An electric monopole is a single charge, and a dipole is two opposite charges closely spaced to each other, or something which looks like that electrically. Dipoles are actually very abundant in nature. For example, a water molecule has a large permanent electric dipole moment. Its positive and negative charges are not centered at the same point; it behaves like two equal and opposite charges separated by a small distance. Another phenomenon happens to uncharged pith balls. In the presence of a charged object, the uncharged pith ball will be attracted to the charged object because the little dipoles have responded to the electric field of the rod.

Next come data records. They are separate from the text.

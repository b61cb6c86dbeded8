//! How a key comes or goes beside a structure change of another, before anything is logged.

use im_base_types::{PageNo, Rid};
use im_smo_actions::PlannedChange;

/// How a key comes.
#[derive(Drop)]
pub(crate) enum Coming {
    /// It is there.
    There,
    /// Its leaf, this page, has room for it.
    Fits(PageNo),
    /// Its leaf lacks room: this split comes first, and then the key goes into this page.
    Splits(PlannedChange, PageNo),
    /// The split wants more pages than there are numbers for, or a level too many.
    UsedUp,
}

/// How a key goes.
#[derive(Drop)]
pub(crate) enum Leaving {
    /// It is not there.
    Gone,
    /// This page has it, with this row id.
    Takes(PageNo, Rid),
    /// The same, and nothing else: the page then leaves the tree by this change.
    Empties(PageNo, Rid, PlannedChange),
}
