//! What a lock is on.

/// What a lock is on: a key, or the name past the last key.
#[derive(Clone, Copy, Debug)]
pub enum Name<'a> {
    Key(&'a [u8]),
    End,
}
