//! What a transaction's row notes of a change.

use im_base_types::Lsn;

/// Where the records of a transaction end after a change, and where its undo goes on.
#[derive(Clone, Copy, Debug, PartialEq, Eq)]
pub struct Noted {
    pub last: Lsn,
    pub undo_next: Lsn,
}
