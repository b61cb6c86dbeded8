//! One entry: that of a key, the next, or the one before; beside a structure change of another transaction that is made page by page, or beside none.

ghost use Rattle.std.specs.Prelude.{◌≡◌, ◌⊎◌, ◌<◌, ℕ, Bool, None, false, true, length, IfOk, IfErr, OnErr};
ghost use Rattle.std.specs.FinMap.{entries, get};
ghost use Rattle.im_base_types.specs.declared.fault.Fault.TheVariants.{Memory};
ghost use Rattle.im_base_types.specs.Maps.{IndexMap, From, first_in, last_in};
ghost use Rattle.im_base_types.specs.Answers.{Fetch, Prev, found as found_reply};
ghost use Rattle.im_page_pool.specs.Pool.{page_at, IsAt};
ghost use Rattle.im_page_writer.specs.PageWriter.{IsReadyWriter};
ghost use Rattle.im_page_writer.specs.Outcome.{fault_of, AllPages, IsSound, Lists};
ghost use Rattle.im_theory_machine.specs.Table.{SameLasting, SameTable};
ghost use Rattle.im_theory_page.specs.Entry.{entry_at};
ghost use Rattle.im_theory_tree.specs.Levels.{walk};
ghost use Rattle.im_tree_search.specs.Backward.{MeetsDoneBack};
ghost use Rattle.im_tree_search.specs.Beside.{MeetsDone};
ghost use Rattle.im_tree_search.specs.Found.{IsReached};
ghost use Rattle.im_tree_search.specs.Levels.{bodies_of, start_at, HasLevel};
ghost use Rattle.im_tree_search.specs.HeldPages.{HoldsBack, HoldsOn, IsQuiet};
ghost use Rattle.im_tree_search.specs.Sights.{is_done, HasTreeBut, IfSeen};
ghost use Rattle.im_engine_access.specs.LockAnswers.{as_entry, as_found, entry_found, seek_at};
ghost use Rattle.im_engine_access.specs.LockCalls.{AsksLocks};
ghost use Rattle.im_engine_access.specs.Reads.{IsReadBeside};

use crate::asking::{ask_around, ask_found, ask_gap, ask_there};
use crate::lock_answer::LockAnswer;
use im_base_disk::Disk;
use im_base_types::{Fault, Key, Rid, TxnId};
use im_engine_locks::LockTable;
use im_page::Page;
use im_page_pool::Frame;
use im_page_writer::PageWriter;
use im_tree_search::{
    Beside, Sight, leaf_beside, next_entry, next_in_leaf_beside, place_around, prev_entry, value_of,
};
use std::alloc::Global;

// Asks the name after a key that is not there. Its leaf is held.
fn fetch_gap<D: Disk>(
    writer: &mut PageWriter,
    disk: &mut D,
    locks: &mut LockTable,
    transaction: TxnId,
    held: Frame,
    key: &[u8],
    beside: Beside<'_>,
) -> Result<Sight<LockAnswer<Option<Rid>>>, Fault>
    requires ready { IsReadyWriter D.Disk writer.old disk.old }
    requires working { writer.old.failed ≡ false }
    requires at { IsAt writer.old.pool held }
    requires page { HasLevel 0 (page_at writer.old.pool held.number).body }
    ensures outcome { AsksLocks D.Disk writer.old disk.old writer.new disk.new (fault_of result) }
    ensures kept { (pages : AllPages) (m : IndexMap) → HasTreeBut D.Disk pages beside.entry writer.old disk.old → IsReached pages key.now 0 held.number writer.old.pool → walk (bodies_of pages) ≡ entries m → get m key.now ≡ None
        → IsSound result (IsReadBeside found_reply transaction (Fetch key.now) m (bodies_of pages) beside.entry locks.old locks.new) }
    ensures table { OnErr result (SameTable locks.old locks.new) }
    ensures lasting { OnErr result (SameLasting locks.old locks.new) }
    ensures quiet { (set : ℕ → Bool) → HoldsOn key.now writer.old.pool set → set held.number ≡ true → IsQuiet writer.old disk.old writer.new disk.new }
{
    let Sight::Seen((leaf, next)) = next_in_leaf_beside(writer, disk, held, key, beside)? else {
        return Ok(Sight::Hidden);
    };
    let answer = ask_gap(locks, transaction, key, writer.page(leaf), &next)?;
    Ok(Sight::Seen(answer))
}

/// The row id of a key, `None` where the index doesn't have it. The key's lock is asked where it is there, else that of the next
/// name, which is looked for only then, from the key's leaf on, which is looked for once. It is hidden where a page that is made
/// stands on the key's way or, of a key that is not there, where the walk to the next one comes to; then no lock was asked. Where the pages of the
/// key's way are held, page 0 and the leaves after too, nothing is asked of the disk, whatever is answered (`quiet`).
///
/// Refused as `im_tree_search::next_entry` is, and `Memory` where the lock table wants it. After a refusal, `Wait` and `Die` nobody holds
/// another lock than before.
pub fn fetch<D: Disk>(
    writer: &mut PageWriter,
    disk: &mut D,
    locks: &mut LockTable,
    transaction: TxnId,
    key: &[u8],
    beside: Beside<'_>,
) -> Result<Sight<LockAnswer<Option<Rid>>>, Fault>
    requires ready { IsReadyWriter D.Disk writer.old disk.old }
    ensures outcome { AsksLocks D.Disk writer.old disk.old writer.new disk.new (fault_of result) }
    ensures kept { (pages : AllPages) (m : IndexMap) → HasTreeBut D.Disk pages beside.entry writer.old disk.old → walk (bodies_of pages) ≡ entries m
        → IsSound result (IsReadBeside found_reply transaction (Fetch key.now) m (bodies_of pages) beside.entry locks.old locks.new) }
    ensures table { OnErr result (SameTable locks.old locks.new) }
    ensures lasting { OnErr result (SameLasting locks.old locks.new) }
    ensures quiet { (set : ℕ → Bool) → writer.old.failed ≡ false → HoldsOn key.now writer.old.pool set → IsQuiet writer.old disk.old writer.new disk.new }
{
    let Sight::Seen(held) = leaf_beside(writer, disk, key, beside)? else {
        return Ok(Sight::Hidden);
    };
    if let Some(rid) = value_of(writer.page(held), key) {
        let answer = ask_there(locks, transaction, key, rid)?;
        return Ok(Sight::Seen(answer));
    }
    fetch_gap(writer, disk, locks, transaction, held, key, beside)
}

// An entry of a page, copied, its key on the heap: so what is handed on takes little room. Refused `Memory` alone.
fn entry_of(alloc: Global, page: &Page, at: usize) -> Result<(Box<Key>, Rid), Fault>
    requires { at < length page.now.body.entries }
    ensures entry { IfOk result (λ entry. as_entry entry ≡ entry_at page.now.body.entries at) }
    ensures memory { IfErr result (λ e. e ≡ Memory) }
{
    let key = Key::new(page.key(at))?;
    let key = Box::new(alloc, key).map_err(|_| Fault::Memory)?;
    Ok((key, page.value(at)))
}

// The first entry at or above a key, or above it, copied.
fn found_from<D: Disk>(
    alloc: Global,
    writer: &mut PageWriter,
    disk: &mut D,
    key: &[u8],
    inclusive: bool,
    beside: Beside<'_>,
) -> Result<Sight<Option<(Box<Key>, Rid)>>, Fault>
    requires ready { IsReadyWriter D.Disk writer.old disk.old }
    ensures outcome { Lists D.Disk writer.old disk.old writer.new disk.new (fault_of result) }
    ensures kept { (pages : AllPages) → HasTreeBut D.Disk pages beside.entry writer.old disk.old
        → IsSound result (IfSeen (λ found. as_found found ≡ first_in (start_at inclusive key.now) (walk (bodies_of pages))) (MeetsDone (bodies_of pages) (is_done beside.entry) (start_at inclusive key.now))) }
    ensures quiet { (set : ℕ → Bool) → writer.old.failed ≡ false → HoldsOn key.now writer.old.pool set → IsQuiet writer.old disk.old writer.new disk.new }
{
    let Sight::Seen(found) = next_entry(writer, disk, key, inclusive, beside)? else {
        return Ok(Sight::Hidden);
    };
    let Some(place) = found else {
        return Ok(Sight::Seen(None));
    };
    let entry = entry_of(alloc, writer.page(place.frame), place.at)?;
    Ok(Sight::Seen(Some(entry)))
}

/// The first entry at or above a key (`inclusive`), or the first above it, copied; `None` where the index has none. The lock of its
/// key is asked, else that of the name past the last key. It is hidden where a page that is made stands on the key's way, or where the walk along
/// the leaves comes to; then no lock was asked. Where the pages are held that `fetch` speaks of, nothing is asked of the disk (`quiet`).
///
/// Refused as `fetch` is, and `Memory` where the copy wants it, before a lock is asked.
pub fn seek<D: Disk>(
    alloc: Global,
    writer: &mut PageWriter,
    disk: &mut D,
    locks: &mut LockTable,
    transaction: TxnId,
    key: &[u8],
    inclusive: bool,
    beside: Beside<'_>,
) -> Result<Sight<LockAnswer<Option<(Box<Key>, Rid)>>>, Fault>
    requires ready { IsReadyWriter D.Disk writer.old disk.old }
    ensures outcome { AsksLocks D.Disk writer.old disk.old writer.new disk.new (fault_of result) }
    ensures kept { (pages : AllPages) (m : IndexMap) → HasTreeBut D.Disk pages beside.entry writer.old disk.old → walk (bodies_of pages) ≡ entries m
        → IsSound result (IsReadBeside entry_found transaction (seek_at inclusive key.now) m (bodies_of pages) beside.entry locks.old locks.new) }
    ensures table { OnErr result (SameTable locks.old locks.new) }
    ensures lasting { OnErr result (SameLasting locks.old locks.new) }
    ensures quiet { (set : ℕ → Bool) → writer.old.failed ≡ false → HoldsOn key.now writer.old.pool set → IsQuiet writer.old disk.old writer.new disk.new }
{
    let Sight::Seen(found) = found_from(alloc, writer, disk, key, inclusive, beside)? else {
        return Ok(Sight::Hidden);
    };
    let answer = ask_found(locks, transaction, found)?;
    Ok(Sight::Seen(answer))
}

// The last entry below a key, copied.
fn found_below<D: Disk>(
    alloc: Global,
    writer: &mut PageWriter,
    disk: &mut D,
    key: &[u8],
    beside: Beside<'_>,
) -> Result<Sight<Option<(Box<Key>, Rid)>>, Fault>
    requires ready { IsReadyWriter D.Disk writer.old disk.old }
    ensures outcome { Lists D.Disk writer.old disk.old writer.new disk.new (fault_of result) }
    ensures kept { (pages : AllPages) → HasTreeBut D.Disk pages beside.entry writer.old disk.old
        → IsSound result (IfSeen (λ found. as_found found ≡ last_in key.now (walk (bodies_of pages))) (MeetsDoneBack (bodies_of pages) (is_done beside.entry) key.now)) }
    ensures quiet { (set : ℕ → Bool) → writer.old.failed ≡ false → HoldsBack key.now writer.old.pool set → IsQuiet writer.old disk.old writer.new disk.new }
{
    let Sight::Seen(found) = prev_entry(writer, disk, key, beside)? else {
        return Ok(Sight::Hidden);
    };
    let Some(place) = found else {
        return Ok(Sight::Seen(None));
    };
    let entry = entry_of(alloc, writer.page(place.frame), place.at)?;
    Ok(Sight::Seen(Some(entry)))
}

// The last entry below a key, and the first at or above it, copied. Mostly the key's leaf has both, and the search goes down once; else
// each is looked for, and what was found first stands copied when its leaf is gone from the pool.
#[tactic(auto, using(im_page_writer::proofs::Outcomes::then, im_page_writer::proofs::Outcomes::refused))]
fn found_around<D: Disk>(
    alloc: Global,
    writer: &mut PageWriter,
    disk: &mut D,
    key: &[u8],
    beside: Beside<'_>,
) -> Result<Sight<(Option<(Box<Key>, Rid)>, Option<(Box<Key>, Rid)>)>, Fault>
    requires ready { IsReadyWriter D.Disk writer.old disk.old }
    ensures outcome { Lists D.Disk writer.old disk.old writer.new disk.new (fault_of result) }
    ensures kept { (pages : AllPages) → HasTreeBut D.Disk pages beside.entry writer.old disk.old
        → IsSound result (IfSeen (λ x. (as_found x.0 ≡ last_in key.now (walk (bodies_of pages))) × (as_found x.1 ≡ first_in (From key.now) (walk (bodies_of pages))))
        (MeetsDoneBack (bodies_of pages) (is_done beside.entry) key.now ⊎ MeetsDone (bodies_of pages) (is_done beside.entry) (From key.now))) }
    ensures quiet { (set : ℕ → Bool) → writer.old.failed ≡ false → HoldsOn key.now writer.old.pool set → HoldsBack key.now writer.old.pool set → IsQuiet writer.old disk.old writer.new disk.new }
{
    let Sight::Seen(leaf) = leaf_beside(writer, disk, key, beside)? else {
        return Ok(Sight::Hidden);
    };
    let page = writer.page(leaf);
    if let Some(place) = place_around(page, key) {
        let below = entry_of(alloc, page, place - 1)?;
        let next = entry_of(alloc, page, place)?;
        return Ok(Sight::Seen((Some(below), Some(next))));
    }
    let Sight::Seen(next) = found_from(alloc, writer, disk, key, true, beside)? else {
        return Ok(Sight::Hidden);
    };
    let Sight::Seen(below) = found_below(alloc, writer, disk, key, beside)? else {
        return Ok(Sight::Hidden);
    };
    Ok(Sight::Seen((below, next)))
}

/// The last entry below a key, copied; `None` where the index has none. The lock of the first key at or above it is asked, else that of the
/// name past the last key, which guards the gap below the key; and that of the key that is answered, where there is one: all at once. It is hidden
/// where a page that is made stands on the key's way, or where the walk back comes to, or that on to the first entry at or above the key; then no
/// lock was asked. Where those pages are held, and the leaves before too, nothing is asked of the disk (`quiet`).
///
/// Refused as `seek` is.
pub fn prev<D: Disk>(
    alloc: Global,
    writer: &mut PageWriter,
    disk: &mut D,
    locks: &mut LockTable,
    transaction: TxnId,
    key: &[u8],
    beside: Beside<'_>,
) -> Result<Sight<LockAnswer<Option<(Box<Key>, Rid)>>>, Fault>
    requires ready { IsReadyWriter D.Disk writer.old disk.old }
    ensures outcome { AsksLocks D.Disk writer.old disk.old writer.new disk.new (fault_of result) }
    ensures kept { (pages : AllPages) (m : IndexMap) → HasTreeBut D.Disk pages beside.entry writer.old disk.old → walk (bodies_of pages) ≡ entries m
        → IsSound result (IsReadBeside entry_found transaction (Prev key.now) m (bodies_of pages) beside.entry locks.old locks.new) }
    ensures table { OnErr result (SameTable locks.old locks.new) }
    ensures lasting { OnErr result (SameLasting locks.old locks.new) }
    ensures quiet { (set : ℕ → Bool) → writer.old.failed ≡ false → HoldsOn key.now writer.old.pool set → HoldsBack key.now writer.old.pool set → IsQuiet writer.old disk.old writer.new disk.new }
{
    let Sight::Seen((below, next)) = found_around(alloc, writer, disk, key, beside)? else {
        return Ok(Sight::Hidden);
    };
    let answer = ask_around(locks, transaction, below, next)?;
    Ok(Sight::Seen(answer))
}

Dipole–dipole interactions are electrostatic interactions of permanent dipoles in molecules. These interactions tend to align the molecules to increase the attraction (reducing potential energy). An example of a dipole–dipole interaction can be seen in hydrogen chloride (HCl): the positive end of a polar molecule will attract the negative end of the other molecule and influence their arrangement Figure 1. Polar molecules have a net attraction between them.
Keesom interactions (named after Willem Hendrik Keesom) are attractive interactions of dipoles that are Boltzmann-averaged over different rotational orientations of the dipoles. The energy of a Keesom interaction depends on the inverse sixth power of the distance, unlike the interaction energy of two spatially fixed dipoles, which depends on the inverse third power of the distance. Molecules often contain dipolar groups but have no overall dipole moment. This occurs if there is symmetry within the molecule that causes the dipoles to cancel each other out. This occurs in molecules such as tetrachloromethane. Note that the dipole–dipole interaction between two atoms is usually zero, because atoms rarely carry a permanent dipole.